Open roflmaostc opened 1 year ago
Your measurements look really weird. Are you sure that's what was actually ran? Do it in the REPL, not a Pluto notebook:
using DiffEqGPU, OrdinaryDiffEq, StaticArrays
function lorenz(u, p, t)
σ = p[1]
ρ = p[2]
β = p[3]
du1 = σ * (u[2] - u[1])
du2 = u[1] * (ρ - u[3]) - u[2]
du3 = u[1] * u[2] - β * u[3]
return SVector{3}(du1, du2, du3)
end
u0 = @SVector [1.0f0; 0.0f0; 0.0f0]
tspan = (0.0f0, 10.0f0)
p = @SVector [10.0f0, 28.0f0, 8 / 3.0f0]
prob = ODEProblem{false}(lorenz, u0, tspan, p)
prob_func = (prob, i, repeat) -> remake(prob, p = (@SVector rand(Float32, 3)) .* p)
monteprob = EnsembleProblem(prob, prob_func = prob_func, safetycopy = false)
@time sol2 = solve(monteprob, Tsit5(), trajectories = 100_000,
adaptive = false, dt = 0.1f0)
# 9.721686 seconds (13.30 M allocations: 1.775 GiB, 17.76% gc time)
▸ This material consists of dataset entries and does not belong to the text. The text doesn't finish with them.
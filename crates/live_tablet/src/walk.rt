//! Whole scans over the mutations of a view: what each scanner gives at the end of a run.
ghost use Rattle.std.specs.Prelude.{◌≡◌, ◌≤◌, length, IfOk, IfSome};
ghost use Rattle.std.specs.Arc.{arc_value};
ghost use Rattle.scan_session.specs.ScanCalls.{all_pieces};
ghost use Rattle.scan_session.specs.Takes.{mode_of};
ghost use Rattle.live_tablet.specs.Scans.{IsScanOver};

use crate::scan::Scan;
use cell_key::{Items, NoMemory};
use scan_session::{Fetched, Still};
use std::alloc::Global;
use std::sync::Arc;
use tablet_view::View;

/// A whole scan of all keys: what each fetch gave, and the number of mutations at which nothing was left.
#[derive(Drop)]
pub struct Walk {
    pub fetches: Items<Fetched>,
    pub end: u64,
}

/// How a whole scan was made: in which mode, in batches of how many entries, and from how many mutations on.
#[derive(Clone, Copy)]
pub struct WalkShape {
    pub isolated: bool,
    pub batch: u32,
    pub least: u64,
}

/// What a scan gave, where it is a whole one of this shape over the mutations of a view. It takes no memory.
pub fn walk_of(scan: Scan, whole: &View, shape: WalkShape) -> Option<Walk>
    ensures { IfSome result (λ walk. IsScanOver whole.now.config whole.now.log (mode_of shape.isolated) shape.batch shape.least (all_pieces walk.fetches) walk.end) }
{
    if !scan.is_made_so(shape.isolated, shape.batch) || !scan.is_scan_over(whole, shape.least) {
        return None;
    }
    scan.into_walk()
}

/// A whole scan of this shape over the mutations of a view, fetched from that view alone. It takes memory.
fn walk_over(alloc: Global, whole: &Arc<View>, shape: WalkShape) -> Result<Walk, NoMemory>
    requires { 1 ≤ shape.batch }
    ensures { IfOk result (λ walk. IsScanOver (arc_value whole.now).config (arc_value whole.now).log (mode_of shape.isolated) shape.batch shape.least (all_pieces walk.fetches) walk.end) }
{
    let view = Arc::try_clone(whole)?;
    let mut scan = Scan::open(alloc, view, shape.isolated, shape.batch)?;
    let mut still = Still::new();
    for _ in 0..u64::MAX {
        if scan.is_over() {
            break;
        }
        scan.fetch(alloc, &mut still);
    }
    walk_of(scan, whole, shape).ok_or(NoMemory)
}

/// What a scan gave, where it is a whole one of this shape over the mutations of a view, and else such a scan made anew. It takes
/// memory.
pub fn walk_from(
    alloc: Global,
    scan: Scan,
    whole: &Arc<View>,
    shape: WalkShape,
) -> Result<Walk, NoMemory>
    requires { 1 ≤ shape.batch }
    ensures { IfOk result (λ walk. IsScanOver (arc_value whole.now).config (arc_value whole.now).log (mode_of shape.isolated) shape.batch shape.least (all_pieces walk.fetches) walk.end) }
{
    match walk_of(scan, whole, shape) {
        Some(walk) => Ok(walk),
        None => walk_over(alloc, whole, shape),
    }
}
DiffEqGPU.CUDA.@time sol = solve(monteprob, GPUTsit5(), EnsembleGPUKernel(), trajectories = 10_000,
adaptive = false, dt = 0.1f0)
# 0.022129 seconds (255.12 k CPU allocations: 33.413 MiB) (3 GPU allocations: 12.604 MiB, 0.09% memmgmt time)
#=
julia> versioninfo()
Julia Version 1.9.0-beta3
Commit 24204a7344 (2023-01-18 07:20 UTC)
Platform Info:
OS: Windows (x86_64-w64-mingw32)
CPU: 32 × AMD Ryzen 9 5950X 16-Core Processor
WORD_SIZE: 64
LIBM: libopenlibm
LLVM: libLLVM-14.0.6 (ORCJIT, znver3)
Threads: 1 on 32 virtual cores
Environment:
JULIA_IMAGE_THREADS = 1
JULIA_EDITOR = code
JULIA_NUM_THREADS =
=#
with a 2080 Super. How your Ryzen 9 5900 is an order of magnitude faster and your 3060 is an order of magnitude slower is... weird to say the least.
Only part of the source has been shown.